**Entries shown**
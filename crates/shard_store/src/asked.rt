//! What a part is run with, and which part.
use flake_base::Entry;
use order_book::{Book, BookName};
use pinned_pool::{ClaimStart, Pool, PoolName};
use shard_part::Part;

/// The pool and the book that all sessions of a run share.
#[derive(Clone, Copy)]
pub struct Commons<'a, N: BookName, P: PoolName> {
    pub pool: &'a Pool<P>,
    pub book: &'a Book<N>,
}

/// A part of a command, the entry that it gets in the history of its shard, and where its claims begin.
#[derive(Clone, Copy)]
pub struct AskedPart<'a> {
    pub at: Entry,
    pub part: Part<'a>,
    pub start: ClaimStart,
}
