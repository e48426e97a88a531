//! The shards, each behind a lock of its own.
ghost use Rattle.std.specs.Prelude.{◌≡◌, ◌+◌, ◌<◌, ◌≤◌, nat_lt, min, is_some, [], length};
ghost use Rattle.std.specs.Prelude.{IfOk, IfErr, OnErr};
ghost use Rattle.view_sums.specs.Total.{Each};
ghost use Rattle.frag_value.specs.Fragments.{frags_limit};
ghost use Rattle.flake_base.specs.Limits.{value_limit};
ghost use Rattle.order_book.specs.Pages.{new_shards};
ghost use Rattle.shard_core.specs.Done.{is_taking, is_ranged};
ghost use Rattle.shard_core.specs.ShardMaps.{IsBare};
ghost use Rattle.shard_core.specs.Takers.{MayTake, KeepsTaker, taking};
ghost use Rattle.shard_part.specs.Parts.{operation_of};
ghost use Rattle.shard_core.specs.Parts.{PartEnds};
ghost use Rattle.shard_core.specs.Stock.{AreParts, HasValuesLeft};
ghost use Rattle.flake_base.specs.Histories.{histories};
ghost use Rattle.pin_core.specs.Buffers.{buffers};
ghost use Rattle.shard_store.specs.Images.{IsImage};

use crate::asked::{AskedPart, Commons};
use crate::image::ShardImage;
use crate::locks::{open_lock, pin_behind, run_behind};
use crate::parts::{Parts, Room, all_taken, first_lock, take_lock};
use crate::shard::Shard;
use flake_base::{Memory, Segs, Sequence};
use frag_value::Taker;
use order_book::{Book, BookName, SessionSeat, ShardSeats};
use pinned_pool::{Pool, PoolName, PoolSeat, PoolSeats};
use shard_core::PartAnswer;
use shard_part::shard_of;
use std::alloc::Global;
use std::sync::{Mutex, Wait};

// What an expression comes to by the lock of one of the store's shards.
macro_rules! by_lock {
    ($store:expr, $number:expr, $lock:ident => $done:expr) => {
        match $number {
            0 => { let $lock = &$store.shard0; $done }
            1 => { let $lock = &$store.shard1; $done }
            2 => { let $lock = &$store.shard2; $done }
            3 => { let $lock = &$store.shard3; $done }
            4 => { let $lock = &$store.shard4; $done }
            5 => { let $lock = &$store.shard5; $done }
            6 => { let $lock = &$store.shard6; $done }
            7 => { let $lock = &$store.shard7; $done }
            8 => { let $lock = &$store.shard8; $done }
            9 => { let $lock = &$store.shard9; $done }
            10 => { let $lock = &$store.shard10; $done }
            11 => { let $lock = &$store.shard11; $done }
            12 => { let $lock = &$store.shard12; $done }
            13 => { let $lock = &$store.shard13; $done }
            14 => { let $lock = &$store.shard14; $done }
            15 => { let $lock = &$store.shard15; $done }
            _ => unreachable!(),
        }
    };
}

/// The shards of a book over the buffers of a pool. The type behind each lock has the shard's number as a parameter,
/// since all that a lock tells is its type.
#[derive(Drop)]
pub struct Store<N: BookName, P: PoolName> {
    shards: u16,
    shard0: Option<Mutex<Shard<N, P, 0>>>,
    shard1: Option<Mutex<Shard<N, P, 1>>>,
    shard2: Option<Mutex<Shard<N, P, 2>>>,
    shard3: Option<Mutex<Shard<N, P, 3>>>,
    shard4: Option<Mutex<Shard<N, P, 4>>>,
    shard5: Option<Mutex<Shard<N, P, 5>>>,
    shard6: Option<Mutex<Shard<N, P, 6>>>,
    shard7: Option<Mutex<Shard<N, P, 7>>>,
    shard8: Option<Mutex<Shard<N, P, 8>>>,
    shard9: Option<Mutex<Shard<N, P, 9>>>,
    shard10: Option<Mutex<Shard<N, P, 10>>>,
    shard11: Option<Mutex<Shard<N, P, 11>>>,
    shard12: Option<Mutex<Shard<N, P, 12>>>,
    shard13: Option<Mutex<Shard<N, P, 13>>>,
    shard14: Option<Mutex<Shard<N, P, 14>>>,
    shard15: Option<Mutex<Shard<N, P, 15>>>,
    room: Mutex<Room<N>>,
    ghost sized: { (shards ≡ N.sizes.shards) × (0 < shards) × (shards ≤ 16) },
    ghost locks: { (is_some shard0 ≡ nat_lt 0 shards) × (is_some shard1 ≡ nat_lt 1 shards)
        × (is_some shard2 ≡ nat_lt 2 shards) × (is_some shard3 ≡ nat_lt 3 shards)
        × (is_some shard4 ≡ nat_lt 4 shards) × (is_some shard5 ≡ nat_lt 5 shards)
        × (is_some shard6 ≡ nat_lt 6 shards) × (is_some shard7 ≡ nat_lt 7 shards)
        × (is_some shard8 ≡ nat_lt 8 shards) × (is_some shard9 ≡ nat_lt 9 shards)
        × (is_some shard10 ≡ nat_lt 10 shards) × (is_some shard11 ≡ nat_lt 11 shards)
        × (is_some shard12 ≡ nat_lt 12 shards) × (is_some shard13 ≡ nat_lt 13 shards)
        × (is_some shard14 ≡ nat_lt 14 shards) × (is_some shard15 ≡ nat_lt 15 shards) },
}

impl<N: BookName, P: PoolName> Store<N, P> {
    /// Each shard gets a seat of the pool, which has one credit, and one of the book. After want of memory they come
    /// back.
    pub fn open(
        alloc: Global,
        seats: PoolSeats<P>,
        books: ShardSeats<N>,
    ) -> Result<Store<N, P>, (Memory, PoolSeats<P>, ShardSeats<N>)>
        requires shards { (0 < N.sizes.shards) × (N.sizes.shards ≤ 16) }
        requires books { books.items ≡ new_shards N.sizes.shards }
        requires seats { (length seats.items ≡ N.sizes.shards) × Each IsBare seats.items }
        ensures { IfErr result (λ e. (e.1 ≡ seats) × (e.2 ≡ books)) }
    {
        let shards = books.len();
        let Ok(journal) = Sequence::with_room(alloc, shards) else {
            return Err((Memory, seats, books));
        };
        let Ok(emptied) = ShardSeats::with_room(alloc, shards) else {
            return Err((Memory, seats, books));
        };
        let room = Room {
            journal,
            books: emptied,
        };
        Ok(Store::open_in(alloc, shards as u16, seats, books, room))
    }

    fn open_in(
        alloc: Global,
        shards: u16,
        mut seats: PoolSeats<P>,
        mut books: ShardSeats<N>,
        room: Room<N>,
    ) -> Store<N, P>
        requires shards { (shards ≡ N.sizes.shards) × (0 < shards) × (shards ≤ 16) }
        requires books { books.items ≡ new_shards (min 16 shards) }
        requires seats { (length seats.items ≡ min 16 shards) × Each IsBare seats.items }
    {
        let shard15 = open_lock(alloc, shards, &mut seats, &mut books);
        let shard14 = open_lock(alloc, shards, &mut seats, &mut books);
        let shard13 = open_lock(alloc, shards, &mut seats, &mut books);
        let shard12 = open_lock(alloc, shards, &mut seats, &mut books);
        let shard11 = open_lock(alloc, shards, &mut seats, &mut books);
        let shard10 = open_lock(alloc, shards, &mut seats, &mut books);
        let shard9 = open_lock(alloc, shards, &mut seats, &mut books);
        let shard8 = open_lock(alloc, shards, &mut seats, &mut books);
        let shard7 = open_lock(alloc, shards, &mut seats, &mut books);
        let shard6 = open_lock(alloc, shards, &mut seats, &mut books);
        let shard5 = open_lock(alloc, shards, &mut seats, &mut books);
        let shard4 = open_lock(alloc, shards, &mut seats, &mut books);
        let shard3 = open_lock(alloc, shards, &mut seats, &mut books);
        let shard2 = open_lock(alloc, shards, &mut seats, &mut books);
        let shard1 = open_lock(alloc, shards, &mut seats, &mut books);
        let shard0 = open_lock(alloc, shards, &mut seats, &mut books);
        Store {
            shards,
            shard0,
            shard1,
            shard2,
            shard3,
            shard4,
            shard5,
            shard6,
            shard7,
            shard8,
            shard9,
            shard10,
            shard11,
            shard12,
            shard13,
            shard14,
            shard15,
            room: Mutex::new(room),
        }
    }

    /// Does a part in the shard of its key, and enters it there and in the session's list. What it stores is claimed on
    /// the caller's seat, which has its holds and credits again behind the call.
    #[inline(always)]
    pub fn run_part<R: Wait, T: Taker<P>>(
        &self,
        rt: &R,
        commons: &Commons<'_, N, P>,
        seat: &mut PoolSeat<P>,
        mine: &mut SessionSeat<N>,
        asked: &AskedPart<'_>,
        taker: &mut T,
        stored: &mut Segs,
    ) -> Result<PartAnswer, Memory>
        requires session { asked.now.at.session ≡ mine.old.number }
        requires few { length asked.now.part.value.now ≤ value_limit }
        requires credits { 1 < seat.old.credits }
        requires spare { frags_limit ≤ stored.old.spare }
        requires taker { let op = operation_of asked.now.part in
            MayTake (is_taking op) (is_ranged op) (taking T.Taker taker.old) }
        ensures part { PartEnds P.sizes N.sizes.shards asked.now.at (operation_of asked.now.part) result
            (record { list = mine.old; seat = seat.old; stored = stored.old.items; taken = T.taken taker.old })
            (record { list = mine.new; seat = seat.new; stored = stored.new.items; taken = T.taken taker.new }) }
        ensures spare { stored.old.spare + length stored.old.items ≤ stored.new.spare + length stored.new.items }
        ensures taker { let range = is_ranged (operation_of asked.now.part) in
            KeepsTaker range (taking T.Taker taker.old) (taking T.Taker taker.new) }
    {
        let number = shard_of(asked.part.key, self.shards);
        by_lock!(self, number, lock => run_behind(rt, lock, commons, seat, mine, asked, taker, stored))
    }

    /// How many shards there are.
    pub fn shards(&self) -> u16
        ensures number { result ≡ N.sizes.shards }
        ensures few { result ≤ 16 }
    {
        self.shards
    }

    /// All values of a shard under pinned holds of the seat, at one point of the shard's history, which the session
    /// sees. After want of memory nothing has changed.
    pub fn pin_shard<R: Wait>(
        &self,
        rt: &R,
        pool: &Pool<P>,
        book: &Book<N>,
        shard: u16,
        seat: &mut PoolSeat<P>,
        mine: &mut SessionSeat<N>,
    ) -> Result<ShardImage<P>, Memory>
        requires shard { shard < N.sizes.shards }
        requires credits { buffers P.sizes + 4 ≤ seat.old.credits }
        ensures image { IfOk result (λ i. IsImage P.sizes shard i.place i.pairs.items
            mine.old mine.new seat.old seat.new) }
        ensures memory { OnErr result ((seat.new ≡ seat.old) × (mine.new ≡ mine.old)) }
    {
        let _ = self.shards;
        by_lock!(self, shard, lock => pin_behind(rt, lock, pool, book, seat, mine))
    }

    /// What the shards have come to: their histories, which are legal, and the seat that holds their final values, with
    /// their bytes, and nothing else.
    pub fn into_parts(self, pool: &Pool<P>) -> Parts<N, P>
        ensures parts { AreParts P.sizes N.sizes.shards result.books.items (histories result.journal.items)
            result.seat }
        ensures values { HasValuesLeft P.sizes result.books.items result.seat }
    {
        let Store {
            shards,
            shard0,
            shard1,
            shard2,
            shard3,
            shard4,
            shard5,
            shard6,
            shard7,
            shard8,
            shard9,
            shard10,
            shard11,
            shard12,
            shard13,
            shard14,
            shard15,
            room,
        } = self;
        let mut parts = first_lock(shards, shard0, room.into_inner());
        take_lock(pool, shards, shard1, &mut parts);
        take_lock(pool, shards, shard2, &mut parts);
        take_lock(pool, shards, shard3, &mut parts);
        take_lock(pool, shards, shard4, &mut parts);
        take_lock(pool, shards, shard5, &mut parts);
        take_lock(pool, shards, shard6, &mut parts);
        take_lock(pool, shards, shard7, &mut parts);
        take_lock(pool, shards, shard8, &mut parts);
        take_lock(pool, shards, shard9, &mut parts);
        take_lock(pool, shards, shard10, &mut parts);
        take_lock(pool, shards, shard11, &mut parts);
        take_lock(pool, shards, shard12, &mut parts);
        take_lock(pool, shards, shard13, &mut parts);
        take_lock(pool, shards, shard14, &mut parts);
        take_lock(pool, shards, shard15, &mut parts);
        all_taken(shards, &parts);
        parts
    }
}

fn shared<T: Sync>(_store: &T) {}

/// Threads may share a store: this is well typed.
pub fn is_shared<N: BookName + Send + Sync, P: PoolName + Send + Sync>(store: &Store<N, P>) {
    shared(store);
}
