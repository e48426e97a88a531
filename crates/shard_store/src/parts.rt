//! What the shards come to, when they come out from behind their locks one by one.
ghost use Rattle.std.specs.Prelude.{◌≡◌, ◌+◌, ◌<◌, ◌≤◌, nat_lt, is_some, []};
ghost use Rattle.shard_core.specs.Stock.{AreParts, HasValuesLeft};
ghost use Rattle.shard_store.specs.Gathered.{AreTaken};
ghost use Rattle.flake_base.specs.Histories.{histories};

use crate::shard::Shard;
use flake_base::{Journal, Sequence};
use order_book::{BookName, ShardSeats};
use pinned_pool::{Pool, PoolName, PoolSeat};
use std::sync::Mutex;

/// Room for what the shards come to. No thread takes its lock: a seat may move to another thread, and can't be shared.
#[derive(Drop)]
pub(crate) struct Room<N: BookName> {
    pub(crate) journal: Journal,
    pub(crate) books: ShardSeats<N>,
    ghost empty: { (journal.items ≡ []) × (books.items ≡ []) },
    ghost enough: { (N.sizes.shards ≤ journal.spare) × (N.sizes.shards ≤ books.spare) },
}

/// The histories of all shards in the order of their numbers, the seat that has all their holds, and the seats that
/// know their deeds.
#[derive(Drop)]
pub struct Parts<N: BookName, P: PoolName> {
    pub journal: Journal,
    pub seat: PoolSeat<P>,
    pub books: ShardSeats<N>,
}

/// The parts of the first shard, which each store has.
pub(crate) fn first_lock<N: BookName, P: PoolName>(
    shards: u16,
    lock: Option<Mutex<Shard<N, P, 0>>>,
    room: Room<N>,
) -> Parts<N, P>
    requires open { (is_some lock ≡ nat_lt 0 shards) × (0 < shards) × (shards ≡ N.sizes.shards) }
    ensures { AreTaken P.sizes 1 shards result.books result.journal result.seat }
{
    let _ = shards;
    let Some(lock) = lock else { unreachable!() };
    let Shard {
        shard_map,
        seat: book,
        journal: history,
        apart: _,
    } = lock.into_inner();
    shard_map.is_shard_map();
    let Room {
        mut journal,
        mut books,
    } = room;
    let Ok(()) = journal.push(Sequence::from_vec(history)) else {
        unreachable!()
    };
    let Ok(()) = books.push(book) else {
        unreachable!()
    };
    Parts {
        journal,
        seat: shard_map.into_seat(),
        books,
    }
}

/// The shard's history goes last, if the shard is one of the store's, and its holds to the others'.
pub(crate) fn take_lock<N: BookName, P: PoolName, const I: u16>(
    pool: &Pool<P>,
    shards: u16,
    lock: Option<Mutex<Shard<N, P, I>>>,
    parts: &mut Parts<N, P>,
)
    requires open { is_some lock ≡ nat_lt I shards }
    requires parts { AreTaken P.sizes I shards parts.old.books parts.old.journal parts.old.seat }
    ensures { AreTaken P.sizes (I + 1) shards parts.new.books parts.new.journal parts.new.seat }
{
    let _ = shards;
    if let Some(lock) = lock {
        let Shard {
            shard_map,
            seat: book,
            journal: history,
            apart: _,
        } = lock.into_inner();
        shard_map.is_shard_map();
        pool.join(&mut parts.seat, shard_map.into_seat());
        parts.seat.is_seat();
        let Ok(()) = parts.journal.push(Sequence::from_vec(history)) else {
            unreachable!()
        };
        let Ok(()) = parts.books.push(book) else {
            unreachable!()
        };
    }
}

/// Does nothing, and tells a proof that no shard is left.
pub(crate) fn all_taken<N: BookName, P: PoolName>(shards: u16, parts: &Parts<N, P>)
    requires shards { (shards ≡ N.sizes.shards) × (shards ≤ 16) }
    requires parts { AreTaken P.sizes 16 shards parts.now.books parts.now.journal parts.now.seat }
    ensures parts { AreParts P.sizes N.sizes.shards parts.now.books.items (histories parts.now.journal.items)
        parts.now.seat }
    ensures values { HasValuesLeft P.sizes parts.now.books.items parts.now.seat }
{
    let _ = shards;
    let _ = parts;
}
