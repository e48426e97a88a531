//! What stands behind a shard's lock.
ghost use Rattle.std.specs.Prelude.{◌≡◌, ◌+◌, ◌<◌, ◌≤◌, length, IfOk, OnErr};
ghost use Rattle.flake_model.specs.Journal.{shard_of as shard_of_key};
ghost use Rattle.frag_value.specs.Fragments.{frags_limit};
ghost use Rattle.flake_base.specs.Limits.{value_limit};
ghost use Rattle.order_book.specs.Pages.{new_shard};
ghost use Rattle.shard_core.specs.Done.{is_taking, is_ranged};
ghost use Rattle.shard_core.specs.ShardMaps.{IsBare};
ghost use Rattle.shard_core.specs.Takers.{MayTake, KeepsTaker, taking};
ghost use Rattle.shard_part.specs.Parts.{operation_of};
ghost use Rattle.shard_core.specs.Parts.{PartEnds};
ghost use Rattle.pin_core.specs.Buffers.{buffers};
ghost use Rattle.shard_store.specs.Shards.{IsFreeAfter};
ghost use Rattle.shard_store.specs.Images.{IsImage};

use crate::asked::{AskedPart, Commons};
use crate::done::DonePart;
use crate::image::ShardImage;
use flake_base::{Entry, Memory, Segs};
use frag_value::{PlaceError, Taker};
use order_book::{Book, BookName, SessionSeat, ShardSeat};
use pinned_pool::{Pool, PoolName, PoolSeat};
use shard_core::{PartAnswer, ShardMap};
use std::alloc::Global;
use std::marker::Model;
use std::snapshot::Snapshot;

/// A shard map of values, and the history that led to them. Contracts see the shard's number and its deeds.
///
/// Processors take a written line of 64 bytes from one another. So what every part writes, the journal's length, stands
/// beside the lock, and the words behind the values make a shard with its lock four lines long: no two shards have a
/// line in common that parts write, and all locks are at one place of their lines.
#[derive(Drop)]
pub(crate) struct Shard<N: BookName, P: PoolName, const I: u16> {
    pub(crate) journal: Vec<Entry>,
    pub(crate) seat: ShardSeat<N>,
    pub(crate) shard_map: ShardMap<P>,
    pub(crate) apart: [u64; 11],
}

impl<N: BookName, P: PoolName, const I: u16> Model for Shard<N, P, I> {
    ghost use Rattle.order_book.specs.Pages.{ShardList};
    ghost use Rattle.shard_store.specs.Shards.{IsShard};

    ghost Value = { ShardList };

    ghost view = { λ s. s.seat };

    ghost invariant = { λ s. IsShard P.sizes I s.shard_map s.seat s.journal.items };
}

// Where a part may store a value, its claims begin where it says. One that reads writes no word of the map.
#[inline(always)]
fn claim_for<P: PoolName>(shard_map: &mut ShardMap<P>, asked: &AskedPart<'_>)
    ensures { shard_map.new ≡ shard_map.old }
{
    if asked.part.op.takes_value() {
        shard_map.claim_from(asked.start);
    }
}

impl<N: BookName, P: PoolName, const I: u16> Shard<N, P, I> {
    pub(crate) fn new(alloc: Global, own: PoolSeat<P>, seat: ShardSeat<N>) -> Self
        requires bare { IsBare own }
        requires seat { seat ≡ new_shard I }
        ensures { result ≡ seat }
    {
        Shard {
            shard_map: ShardMap::new(alloc, own),
            seat,
            journal: Vec::new(alloc),
            apart: [0; 11],
        }
    }

    /// Does the part, and enters it last in the shard's history and in the session's list.
    pub(crate) fn run<T: Taker<P>>(
        &mut self,
        commons: &Commons<'_, N, P>,
        payer: &mut PoolSeat<P>,
        mine: &mut SessionSeat<N>,
        asked: &AskedPart<'_>,
        taker: &mut T,
        stored: &mut Segs,
    ) -> Result<PartAnswer, Memory>
        requires here { shard_of_key N.sizes.shards asked.now.part.key.now ≡ I }
        requires session { asked.now.at.session ≡ mine.old.number }
        requires few { length asked.now.part.value.now ≤ value_limit }
        requires credits { 1 < payer.old.credits }
        requires spare { frags_limit ≤ stored.old.spare }
        requires taker { let op = operation_of asked.now.part in
            MayTake (is_taking op) (is_ranged op) (taking T.Taker taker.old) }
        ensures part { PartEnds P.sizes N.sizes.shards asked.now.at (operation_of asked.now.part) result
            (record { list = mine.old; seat = payer.old; stored = stored.old.items; taken = T.taken taker.old })
            (record { list = mine.new; seat = payer.new; stored = stored.new.items; taken = T.taken taker.new }) }
        ensures free { IsFreeAfter self.old.told (operation_of asked.now.part) result payer.old payer.new }
        ensures spare { stored.old.spare + length stored.old.items ≤ stored.new.spare + length stored.new.items }
        ensures taker { let range = is_ranged (operation_of asked.now.part) in
            KeepsTaker range (taking T.Taker taker.old) (taking T.Taker taker.new) }
    {
        self.journal.reserve(1)?;
        self.shard_map.is_shard_map();
        claim_for(&mut self.shard_map, asked);
        let from = stored.len();
        match self
            .shard_map
            .apply(commons.pool, payer, &asked.part, taker, stored)
        {
            Ok(answer) => {
                self.shard_map.is_shard_map();
                let deed = DonePart {
                    at: asked.at,
                    part: asked.part,
                    history: Snapshot::of(&self.seat),
                    stored: &stored.as_slice()[from..],
                };
                commons.book.meet(&mut self.seat, mine, &deed);
                self.journal.push_reserved(asked.at);
                Ok(answer)
            }
            Err(PlaceError::NoBuffer(none)) => Ok(PartAnswer::NoBuffer(none)),
            Err(PlaceError::Memory) => Err(Memory),
        }
    }

    /// Pins all values, and shows the session the list of the deeds that led to them. After want of memory nothing has
    /// changed.
    pub(crate) fn pin(
        &mut self,
        pool: &Pool<P>,
        book: &Book<N>,
        seat: &mut PoolSeat<P>,
        mine: &mut SessionSeat<N>,
    ) -> Result<ShardImage<P>, Memory>
        requires credits { buffers P.sizes + 4 ≤ seat.old.credits }
        ensures image { IfOk result (λ i. IsImage P.sizes I i.place i.pairs.items
            mine.old mine.new seat.old seat.new) }
        ensures memory { OnErr result ((seat.new ≡ seat.old) × (mine.new ≡ mine.old)) }
    {
        let pairs = self.shard_map.pin_all(pool, seat)?;
        seat.is_seat();
        let place = book.both_lists(&mut self.seat, mine);
        Ok(ShardImage { place, pairs })
    }
}
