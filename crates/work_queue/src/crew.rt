// All workers together, and who does what they left.
ghost use Rattle.std.specs.Prelude.{◌≡◌, ◌<◌, ◌≤◌, [], All, None, length, replicate, vec_len, vec_capacity};
ghost use Rattle.crossbeam_queue.specs.Passes.{view, IsPassOf};
ghost use Rattle.work_queue.specs.Slots.{AllFilled, Filled};
ghost use Rattle.work_queue.specs.Room.{IsRoomy};
ghost use Rattle.work_queue.specs.Work.{Gathered, HasLent};

use crate::hand::{Done, Hand, Jobs, Numbered};
use crate::passes::{collect, seated};
use crate::slots::place;
use crate::worker_slot::{WorkerSlot, all_work, work};
use crossbeam_queue::Pass;
use std::sync::Wait;
use std::thread::Threads;

/// A worker for each list of results; what they did stands in the slots of its jobs.
pub(crate) fn by_workers<
    R: Threads + Wait + Sync,
    T: Send + Drop,
    X: Send + Drop,
    F: Fn(T) -> X + Sync,
>(
    rt: &R,
    queue: &Jobs<T>,
    pass: &mut Pass<Numbered<T>, Hand<T>>,
    dones: Vec<Vec<Done<X>>>,
    worker_slots: Vec<WorkerSlot<T, X>>,
    slots: &mut [Option<X>],
    f: &F,
)
    requires pass { IsPassOf queue.now pass.old × ((view pass.old).parts ≡ 1024) × ((view pass.old).taken ≡ []) }
    requires room { (vec_len dones ≤ 16) × (worker_slots.items ≡ []) × (vec_len dones ≤ vec_capacity worker_slots) }
    requires dones { All (IsRoomy (length (view pass.old).all)) dones.items }
    requires slots { slots.old ≡ replicate (length (view pass.old).all) None }
    requires calls { All (λ job. F.pre f.now job) (view pass.old).all }
    ensures pass { IsPassOf queue.now pass.new }
    ensures parts { (view pass.new).parts ≡ 1024 }
    ensures all { (view pass.new).all ≡ (view pass.old).all }
    ensures slots { Filled (λ job r. F.post f.now job r) (view pass.old).all (view pass.new).taken slots.new }
{
    let worker_slots = worked(rt, queue, pass, dones, worker_slots, f);
    collect(queue, pass, worker_slots, slots);
}

// The worker slots, once no job is left.
fn worked<R: Threads + Wait + Sync, T: Send + Drop, X: Send + Drop, F: Fn(T) -> X + Sync>(
    rt: &R,
    queue: &Jobs<T>,
    pass: &mut Pass<Numbered<T>, Hand<T>>,
    dones: Vec<Vec<Done<X>>>,
    worker_slots: Vec<WorkerSlot<T, X>>,
    f: &F,
) -> Vec<WorkerSlot<T, X>>
    requires pass { IsPassOf queue.now pass.old × (vec_len dones < (view pass.old).parts) }
    requires room { (worker_slots.items ≡ []) × (vec_len dones ≤ vec_capacity worker_slots) }
    requires dones { All (IsRoomy (length (view pass.old).all)) dones.items }
    requires calls { All (λ job. F.pre f.now job) (view pass.old).all }
    ensures pass { HasLent queue.now (vec_len dones) pass.old pass.new }
    ensures worker_slots { Gathered queue.now (λ job r. F.post f.now job r) (view pass.old).all
        (vec_len dones) result.items }
{
    let mut worker_slots = seated(queue, pass, dones, worker_slots);
    all_work(rt, queue, worker_slots.as_mut_slice(), f);
    worker_slots
}

/// What is left is done with the whole pass, and then each slot is full.
pub(crate) fn finish<R: Wait, T: Send + Drop, X: Drop, F: Fn(T) -> X>(
    rt: &R,
    queue: &Jobs<T>,
    pass: Pass<Numbered<T>, Hand<T>>,
    done: Vec<Done<X>>,
    slots: &mut [Option<X>],
    f: &F,
)
    requires pass { IsPassOf queue.now pass × ((view pass).parts ≡ 1024) }
    requires done { IsRoomy (length (view pass).all) done }
    requires slots { Filled (λ job r. F.post f.now job r) (view pass).all (view pass).taken slots.old }
    requires calls { All (λ job. F.pre f.now job) (view pass).all }
    ensures { AllFilled (λ job r. F.post f.now job r) (view pass).all slots.new }
{
    let mut last = WorkerSlot { pass, done };
    work(rt, queue, &mut last, f);
    let WorkerSlot { done, .. } = last;
    place(slots, done);
}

**Your instructions**
List the lines of the material in which the word "DonePart" occurs.

**Task result**
use crate::done::DonePart;
                let deed = DonePart {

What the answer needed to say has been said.